La nueva edificación que sustituiría a la ruina debía dar continuidad a la marisma, e integrarse dentro de ese mundo de oscilaciones y cambios constantes. Por otro lado, debía resistir a las inundaciones y a los vientos marinos, por lo que la construcción debía ser robusta y resistente. Artista y arquitecta encontrarán la solución en una no muy lejana arquitectura, que puede atisbarse desde la aldea y que ha sido fuente de inspiración de visionarios arquitectos como Archigram. Así, volcando la mirada hacia el mar, los fuertes marinos de la segunda guerra mundial se convierten en la principal referencia a estudiar.
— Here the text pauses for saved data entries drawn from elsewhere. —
// Edges within a file.
use crate::point::Point;

/// Evaluation may step from one point to another by what the node with a number does.
#[derive(Clone, Copy)]
pub struct FileEdge {
    pub from: Point,
    pub to: Point,
    pub node: u32,
}
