// Edges of a program.
use program_names::NodeRef;

/// Evaluation may step from one point to another, by their numbers, by what a node does.
#[derive(Clone, Copy, Debug, PartialEq, Eq)]
pub struct Edge {
    pub from: u32,
    pub to: u32,
    pub node: NodeRef,
}
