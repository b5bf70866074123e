// What is around a node, as a walk over a file has it.
ghost use Rattle.std.specs.Prelude.{◌≡◌, [], OnOk, length, take};
ghost use Rattle.program_points.specs.Chosen.{pieces_of};
ghost use Rattle.program_points.specs.Edges as spec;
ghost use Rattle.program_points.specs.Pieces.{exprs};
ghost use Rattle.program_points.specs.Rows as rows;
ghost use Rattle.program_points.specs.Walked.{IsAbove, around_of};

use crate::chains::first_or;
use crate::flow::Flow;
use crate::frame::{Again, Frame, Handler};
use crate::loops::{first_pass, targets};
use crate::piece::{Piece, Which};
use crate::point::Point;
use crate::words::{behind, up_to};
use std::alloc::{AllocError, Global};

/// What jumps and thrown values may lead to, the innermost last.
#[derive(Drop)]
pub(crate) struct Stacks {
    pub(crate) frames: Vec<Frame>,
    pub(crate) handlers: Vec<Handler>,
}

/// Nothing, at the start of a body.
pub(crate) fn nothing(alloc: Global) -> Stacks
    ensures frames { result.frames.items ≡ [] }
    ensures handlers { result.handlers.items ≡ [] }
{
    Stacks {
        frames: Vec::new(alloc),
        handlers: Vec::new(alloc),
    }
}

/// How high the two stacks are.
pub(crate) fn heights(stacks: &Stacks) -> (usize, usize)
    ensures frames { result.0 ≡ length stacks.now.frames.items }
    ensures handlers { result.1 ≡ length stacks.now.handlers.items }
{
    (stacks.frames.len(), stacks.handlers.len())
}

/// What stands higher is taken off.
pub(crate) fn lower(stacks: &mut Stacks, heights: (usize, usize))
    ensures frames { stacks.new.frames.items ≡ take heights.0 stacks.old.frames.items }
    ensures handlers { stacks.new.handlers.items ≡ take heights.1 stacks.old.handlers.items }
{
    stacks.frames.truncate(heights.0);
    stacks.handlers.truncate(heights.1);
}

/// In a loop, if there is one. The only error is want of memory.
#[tactic(auto, using(crate::proofs::AroundLemmas::loop_on, crate::proofs::AroundLemmas::loop_above, crate::proofs::AroundLemmas::above_itself))]
pub(crate) fn enter_loop(stacks: &mut Stacks, frame: Option<Frame>) -> Result<(), AllocError>
    ensures around { OnOk result (around_of stacks.new ≡ spec.in_loop frame (around_of stacks.old)) }
    ensures above { OnOk result (IsAbove stacks.old stacks.new) }
{
    match frame {
        None => Ok(()),
        Some(frame) => {
            stacks.frames.push(frame)?;
            Ok(())
        }
    }
}

// Where `continue` goes on in a `for`.
fn for_again(pieces: &[Piece]) -> Again
    ensures { result ≡ spec.for_again (pieces_of pieces.now) }
{
    let rest = behind(b";", pieces);
    match first_pass(behind(b";", rest), up_to(b";", rest), pieces) {
        None => Again::Nowhere,
        Some(first) => Again::To(Point::Before(first)),
    }
}

// Where it does in a `foreach`.
fn foreach_again(node: u32, pieces: &[Piece]) -> Again
    ensures { result ≡ spec.foreach_again node (pieces_of pieces.now) }
{
    let (value, key) = targets(pieces);
    match first_pass(value, key, pieces) {
        None => Again::To(Point::After(node)),
        Some(first) => Again::Either(Point::Before(first), Point::After(node)),
    }
}

// A loop that goes on at its condition.
fn tested(node: u32, pieces: &[Piece]) -> Frame
    ensures { result ≡ Frame.Loop (Point.After node) (Again.To (rows.first_or (exprs (pieces_of pieces.now))
        (Point.Before node))) }
{
    let test = first_or(Which::Exprs, pieces, Point::Before(node));
    Frame::Loop(Point::After(node), Again::To(test))
}

/// The loop or switch that a node is to the jumps inside it.
pub(crate) fn loop_of(flow: Flow, node: u32, pieces: &[Piece]) -> Option<Frame>
    ensures { result ≡ spec.loop_of flow node (pieces_of pieces.now) }
{
    let out = Point::After(node);
    match flow {
        Flow::While | Flow::DoWhile => Some(tested(node, pieces)),
        Flow::For => Some(Frame::Loop(out, for_again(pieces))),
        Flow::Foreach => Some(Frame::Loop(out, foreach_again(node, pieces))),
        Flow::Switch => Some(Frame::Loop(out, Again::To(out))),
        Flow::InOrder
        | Flow::Ends
        | Flow::Nowhere
        | Flow::Alone
        | Flow::Branches
        | Flow::Try
        | Flow::Break
        | Flow::Continue
        | Flow::Statics
        | Flow::Function
        | Flow::Arrow
        | Flow::Method
        | Flow::Ternary
        | Flow::Second
        | Flow::Isset
        | Flow::Operator => None,
    }
}
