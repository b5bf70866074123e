// The parts of a node, read as pieces.
ghost use Rattle.std.specs.Prelude.{◌≡◌, ◌++◌, OnOk, suc};
ghost use Rattle.php_terminals.specs.Marked.{IsMark, token_at};
ghost use Rattle.php_rows.specs.Reading.{forest_in};
ghost use Rattle.program_points.specs.Chosen.{kept, piece_to, pieces_of, pieces_to, word_to};
ghost use Rattle.program_points.specs.Pieces.{Pieces, and_then, exprs, piece_before, pieces as spec_pieces, stmts};

use crate::kinds::{Sort, sort_of};
use crate::piece::Piece;
use php_rows::{Parts, Step};
use php_terminals::mark::Mark;
use php_terminals::marked::text_of;
use php_tree::NodeKind;
use std::alloc::AllocError;

// A piece behind those that were read.
#[tactic(auto, using(crate::proofs::ReadingLemmas::pieces_push))]
fn add_piece<'a>(pieces: &mut Vec<Piece<'a>>, piece: Piece<'a>) -> Result<(), AllocError>
    ensures { OnOk result ((ps : Pieces) → pieces_to pieces.new.items ps
        ≡ pieces_to pieces.old.items (piece_to piece.entry ps)) }
{
    pieces.push(piece)?;
    Ok(())
}

// A word, where words are wanted.
fn add_word<'a>(
    pieces: &mut Vec<Piece<'a>>,
    has_words: bool,
    bytes: &'a [u8],
    mark: Mark,
) -> Result<(), AllocError>
    requires { IsMark bytes.now mark }
    ensures { OnOk result ((ps : Pieces) → pieces_to pieces.new.items ps
        ≡ pieces_to pieces.old.items (word_to has_words (token_at bytes.entry.now mark).text ps)) }
{
    if !has_words {
        return Ok(());
    }
    add_piece(pieces, Piece::Word(text_of(bytes, mark)))?;
    Ok(())
}

/// The parts of a node, in order, behind what was read before; without words where these aren't wanted. The only error
/// is want of memory.
#[cycle(read)]
pub(crate) fn read_parts<'a>(
    pieces: &mut Vec<Piece<'a>>,
    has_words: bool,
    parts: Parts<'a>,
) -> Result<(), AllocError>
    ensures { OnOk result ((ps : Pieces) → pieces_to pieces.new.items ps
        ≡ pieces_to pieces.old.items (and_then (kept has_words (spec_pieces parts.entry.number
        (forest_in parts.entry))) ps)) }
{
    let bytes = parts.bytes();
    let mut left = parts;
    'parts: loop {
        match left.next() {
            None => return Ok(()),
            Some(Step::Leaf(mark)) => add_word(pieces, has_words, bytes, mark)?,
            Some(Step::Child(kind, number, inner)) => add_child(pieces, kind, number, inner)?,
        }
    }
}

// A node, or the pieces of one that is looked through.
#[cycle(read)]
fn add_child<'a>(
    pieces: &mut Vec<Piece<'a>>,
    kind: NodeKind,
    number: u32,
    parts: Parts<'a>,
) -> Result<(), AllocError>
    requires { parts.number ≡ suc number }
    ensures { OnOk result ((ps : Pieces) → pieces_to pieces.new.items ps
        ≡ pieces_to pieces.old.items (piece_before kind number (spec_pieces (suc number) (forest_in parts.entry)) ps)) }
{
    match sort_of(kind) {
        Sort::Expression => add_piece(pieces, Piece::Expr(number))?,
        Sort::Statement => add_piece(pieces, Piece::Stmt(number))?,
        Sort::LookedThrough => read_parts(pieces, false, parts)?,
        Sort::Other => add_piece(pieces, Piece::Other(kind, number, parts))?,
    }
    Ok(())
}

/// The pieces of a node, in place of what was read before. The only error is want of memory.
#[tactic(auto, using(crate::proofs::ReadingLemmas::and_then_end))]
pub(crate) fn read<'a>(pieces: &mut Vec<Piece<'a>>, parts: Parts<'a>) -> Result<(), AllocError>
    ensures { OnOk result (pieces_of pieces.new.items ≡ spec_pieces parts.entry.number (forest_in parts.entry)) }
{
    pieces.clear();
    read_parts(pieces, true, parts)?;
    Ok(())
}

/// The pieces of a node, behind what was read before. The only error is want of memory.
#[tactic(auto, using(crate::proofs::ReadingLemmas::exprs_behind, crate::proofs::ReadingLemmas::stmts_behind))]
pub(crate) fn read_inner<'a>(
    pieces: &mut Vec<Piece<'a>>,
    parts: Parts<'a>,
) -> Result<(), AllocError>
    ensures exprs { OnOk result (exprs (pieces_of pieces.new.items)
        ≡ exprs (pieces_of pieces.old.items) ++ exprs (spec_pieces parts.entry.number (forest_in parts.entry))) }
    ensures stmts { OnOk result (stmts (pieces_of pieces.new.items)
        ≡ stmts (pieces_of pieces.old.items) ++ stmts (spec_pieces parts.entry.number (forest_in parts.entry))) }
{
    read_parts(pieces, true, parts)?;
    Ok(())
}
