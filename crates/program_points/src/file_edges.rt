// The edges of a file.
ghost use Rattle.std.specs.Prelude.{◌≡◌, ◌++◌, IfOk, OnOk, option_to_list, unwrap_or};
ghost use Rattle.php_rows.specs.File.{file_in};
ghost use Rattle.program_points.specs.Chosen.{pick as pick_of, pieces_of};
ghost use Rattle.program_points.specs.Edges as spec;
ghost use Rattle.program_points.specs.Pieces.{stmts};

use crate::around::nothing;
use crate::chains::{add, next_of, pick};
use crate::file_edge::FileEdge;
use crate::piece::{Piece, Which};
use crate::point::Point;
use crate::reading::read;
use crate::walk::walk_parts;
use php_rows::RowTree;
use std::alloc::{AllocError, Global};

// From a statement of a file to a piece, if that is one; the number of the last one.
fn follow(edges: &mut Vec<FileEdge>, last: u32, piece: Piece) -> Result<u32, AllocError>
    ensures edges { OnOk result (edges.new.items ≡ edges.old.items
        ++ spec.between_behind last (option_to_list (pick_of Which.Stmts piece.entry))) }
    ensures last { IfOk result (λ n. n ≡ unwrap_or (pick_of Which.Stmts piece.entry) last) }
{
    match pick(Which::Stmts, piece) {
        None => Ok(last),
        Some(next) => {
            add(edges, next, Point::After(last), Point::Before(next))?;
            Ok(next)
        }
    }
}

// From a statement of a file to the next, and so on.
#[tactic(auto, using(crate::proofs::FileLemmas::between_piece))]
fn follow_all(edges: &mut Vec<FileEdge>, first: u32, pieces: &[Piece]) -> Result<(), AllocError>
    ensures { OnOk result (edges.new.items ≡ edges.old.items
        ++ spec.between_behind first (stmts (pieces_of pieces.now))) }
{
    let mut last = first;
    let mut left = pieces;
    while let [piece, behind @ ..] = left {
        last = follow(edges, last, *piece)?;
        left = behind;
    }
    Ok(())
}

// From each statement of a file to the next.
fn between(edges: &mut Vec<FileEdge>, pieces: &[Piece]) -> Result<(), AllocError>
    ensures { OnOk result (edges.new.items ≡ edges.old.items ++ spec.between (stmts (pieces_of pieces.now))) }
{
    match next_of(Which::Stmts, pieces) {
        None => Ok(()),
        Some((first, behind)) => {
            follow_all(edges, first, behind)?;
            Ok(())
        }
    }
}

/// The edges of a file. The only error is want of memory.
pub(crate) fn edges_of(alloc: Global, tree: &RowTree) -> Result<Vec<FileEdge>, AllocError>
    ensures { IfOk result (λ es. es.items ≡ spec.file_edges (file_in tree.now).statements) }
{
    let mut edges = Vec::new(alloc);
    let mut room = Vec::new(alloc);
    read(&mut room, tree.statements())?;
    between(&mut edges, room.as_slice())?;
    let mut stacks = nothing(alloc);
    walk_parts(alloc, &mut edges, &mut stacks, &mut room, tree.statements())?;
    Ok(edges)
}
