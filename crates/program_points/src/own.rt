// The edges of a node's own.
ghost use Rattle.std.specs.Prelude.{◌≡◌, ◌++◌, OnOk, reverse};
ghost use Rattle.php_rows.specs.Reading.{forest_in};
ghost use Rattle.program_points.specs.Chosen.{pieces_of};
ghost use Rattle.program_points.specs.Edges as spec;

use crate::branches::branches;
use crate::chains::{add, in_order, run};
use crate::declaring::{declared, statics_of, then_body};
use crate::expressions::{by_operator, maybe_second, one_of_two, until_missing};
use crate::file_edge::FileEdge;
use crate::flow::Flow;
use crate::frame::Frame;
use crate::jumps::jump;
use crate::levels::level_of;
use crate::loops::{do_loop, for_of, foreach_of, while_loop};
use crate::piece::{Piece, Which};
use crate::point::Point;
use crate::switch::switch_of;
use crate::tries::try_of;
use php_rows::Parts;
use std::alloc::{AllocError, Global};

/// The edges of a node's own, by how evaluation runs through it, its parts and its pieces, among what is around it, the
/// innermost last. The only error is want of memory.
pub(crate) fn own_edges<'a>(
    alloc: Global,
    edges: &mut Vec<FileEdge>,
    flow: Flow,
    node: u32,
    parts: Parts<'a>,
    pieces: &[Piece<'a>],
    frames: &[Frame],
) -> Result<(), AllocError>
    ensures { OnOk result (edges.new.items ≡ edges.old.items
        ++ spec.by_flow flow node (forest_in parts.entry) (pieces_of pieces.now) (reverse frames.now)) }
{
    let start = Point::Before(node);
    match flow {
        Flow::InOrder => in_order(edges, node, Which::Steps, pieces),
        Flow::Ends => {
            run(edges, node, start, Which::Steps, pieces)?;
            Ok(())
        }
        Flow::Nowhere => Ok(()),
        Flow::Alone => add(edges, node, start, Point::After(node)),
        Flow::Branches => branches(edges, node, pieces),
        Flow::While => while_loop(edges, node, pieces),
        Flow::DoWhile => do_loop(edges, node, pieces),
        Flow::For => for_of(edges, node, pieces),
        Flow::Foreach => foreach_of(edges, node, pieces),
        Flow::Switch => switch_of(alloc, edges, node, pieces),
        Flow::Try => try_of(edges, node, pieces, parts, frames),
        Flow::Break => jump(edges, node, start, true, level_of(parts), frames),
        Flow::Continue => jump(edges, node, start, false, level_of(parts), frames),
        Flow::Statics => statics_of(edges, node, pieces),
        Flow::Function => declared(alloc, edges, node, Which::Stmts, pieces),
        Flow::Arrow => declared(alloc, edges, node, Which::Exprs, pieces),
        Flow::Method => then_body(alloc, edges, node, Which::Stmts, pieces),
        Flow::Ternary => one_of_two(edges, node, Which::Exprs, pieces),
        Flow::Second => maybe_second(edges, node, Which::Exprs, pieces),
        Flow::Isset => until_missing(edges, node, Which::Exprs, pieces),
        Flow::Operator => by_operator(edges, node, pieces),
    }
}
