// The points of a program.
ghost use Rattle.std.specs.Prelude.{◌≡◌, ◌++◌, ◌∷◌, [], IfOk, OnOk, option_map, option_to_list};

use crate::edge::Edge;
use crate::file_edges::edges_of;
use crate::numbers::{NodePoints, add_edges, numbers_of};
use php_rows::RowTree;
use program_names::{NodeRef, Program};
use std::alloc::{AllocError, Global};

/// The points of a program, before and behind each expression and statement of its files, and the edges between them.
/// Points are numbered over the whole program.
#[derive(Drop)]
pub struct Points {
    numbers: Vec<Vec<Option<NodePoints>>>,
    edges: Vec<Edge>,
    count: u32,
}

impl Points {
    ghost use Rattle.program_names.specs.Whole.{files_of};
    ghost use Rattle.program_points.specs.Numbers as spec;
    ghost use Rattle.program_points.specs.Seen.{ArePoints, lists_of, points_in, tree_at};

    /// The points and edges of a program. The only error is want of memory.
    #[tactic(auto, using(crate::proofs::NumberLemmas::done_first, crate::proofs::NumberLemmas::done_step, crate::proofs::NumberLemmas::done_last))]
    pub fn of(alloc: Global, program: &Program) -> Result<Points, AllocError>
        ensures { IfOk result (λ p. ArePoints p (files_of program.now)) }
    {
        let mut points = Points {
            numbers: Vec::new(alloc),
            edges: Vec::new(alloc),
            count: 0,
        };
        for file in 0..program.file_count() {
            points.add_at(alloc, file, program)?;
        }
        Ok(points)
    }

    // The points and edges of the file with a number, behind those of others.
    #[tactic(auto, using(crate::proofs::NumberLemmas::lists_push, crate::proofs::NumberLemmas::edges_one))]
    fn add_file(&mut self, alloc: Global, file: u32, tree: &RowTree) -> Result<(), AllocError>
        ensures count { OnOk result (self.new.count ≡ spec.behind_files self.old.count (tree.now ∷ [])) }
        ensures numbers { OnOk result (lists_of self.new.numbers.items ≡ lists_of self.old.numbers.items
            ++ spec.file_numbers self.old.count (tree.now ∷ [])) }
        ensures edges { OnOk result (self.new.edges.items ≡ self.old.edges.items
            ++ spec.edges_from file self.old.count (tree.now ∷ [])) }
    {
        let (numbers, behind) = numbers_of(alloc, tree, self.count)?;
        let own = edges_of(alloc, tree)?;
        add_edges(&mut self.edges, file, numbers.as_slice(), own.as_slice())?;
        self.numbers.push(numbers)?;
        self.count = behind;
        Ok(())
    }

    // The same of a program's file, if there is one with that number.
    fn add_at(&mut self, alloc: Global, file: u32, program: &Program) -> Result<(), AllocError>
        ensures count { OnOk result (self.new.count
            ≡ spec.behind_files self.old.count (option_to_list (tree_at program.now file))) }
        ensures numbers { OnOk result (lists_of self.new.numbers.items ≡ lists_of self.old.numbers.items
            ++ spec.file_numbers self.old.count (option_to_list (tree_at program.now file))) }
        ensures edges { OnOk result (self.new.edges.items ≡ self.old.edges.items
            ++ spec.edges_from file self.old.count (option_to_list (tree_at program.now file))) }
    {
        match program.tree(file) {
            None => Ok(()),
            Some(tree) => {
                self.add_file(alloc, file, tree)?;
                Ok(())
            }
        }
    }

    /// How many points there are: they are numbered from 0.
    pub fn count(&self) -> u32
        ensures { result ≡ self.now.count }
    {
        self.count
    }

    /// The edges of the program, file by file, in each in the order of evaluation.
    pub fn edges(&self) -> &[Edge]
        ensures { result.now ≡ self.now.edges.items }
    {
        self.edges.as_slice()
    }

    // The points of a node.
    fn points(&self, at: NodeRef) -> Option<NodePoints>
        ensures { result ≡ points_in self.now at }
    {
        match self.numbers.get(at.file as usize) {
            None => None,
            Some(numbers) => match numbers.get(at.node as usize) {
                None => None,
                Some(points) => *points,
            },
        }
    }

    /// The point before a node; none exactly where the node is no expression and no statement.
    pub fn before(&self, at: NodeRef) -> Option<u32>
        ensures { result ≡ option_map (λ p. p.before) (points_in self.now at) }
    {
        match self.points(at) {
            None => None,
            Some(points) => Some(points.before),
        }
    }

    /// The point behind a node; none exactly where the node is no expression and no statement.
    pub fn after(&self, at: NodeRef) -> Option<u32>
        ensures { result ≡ option_map (λ p. p.after) (points_in self.now at) }
    {
        match self.points(at) {
            None => None,
            Some(points) => Some(points.after),
        }
    }
}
Estas construcciones eran pequeñas torres fortifificadas diseñadas por el ingeniero Guy Maunsell, de ahí que sean bautizadas con su nombre. Emplazadas en las desembocaduras del Támesis, fueron retiradas del servicio para el que fueron creadas (la defensa naval y aérea de Reino Unido) a finales de 1950 y se destinaron a otras funciones. Estas plataformas de acero suspendidas sobre grandes patas sembrarán el precedente de nuestro edificio que, sosteniéndose sobre un trípode de acero galvanizado terminado en una pintura resinosa, permite que la naturaleza recupere el suelo, al tiempo que permanece impasible ante las continuas inundaciones de la zona.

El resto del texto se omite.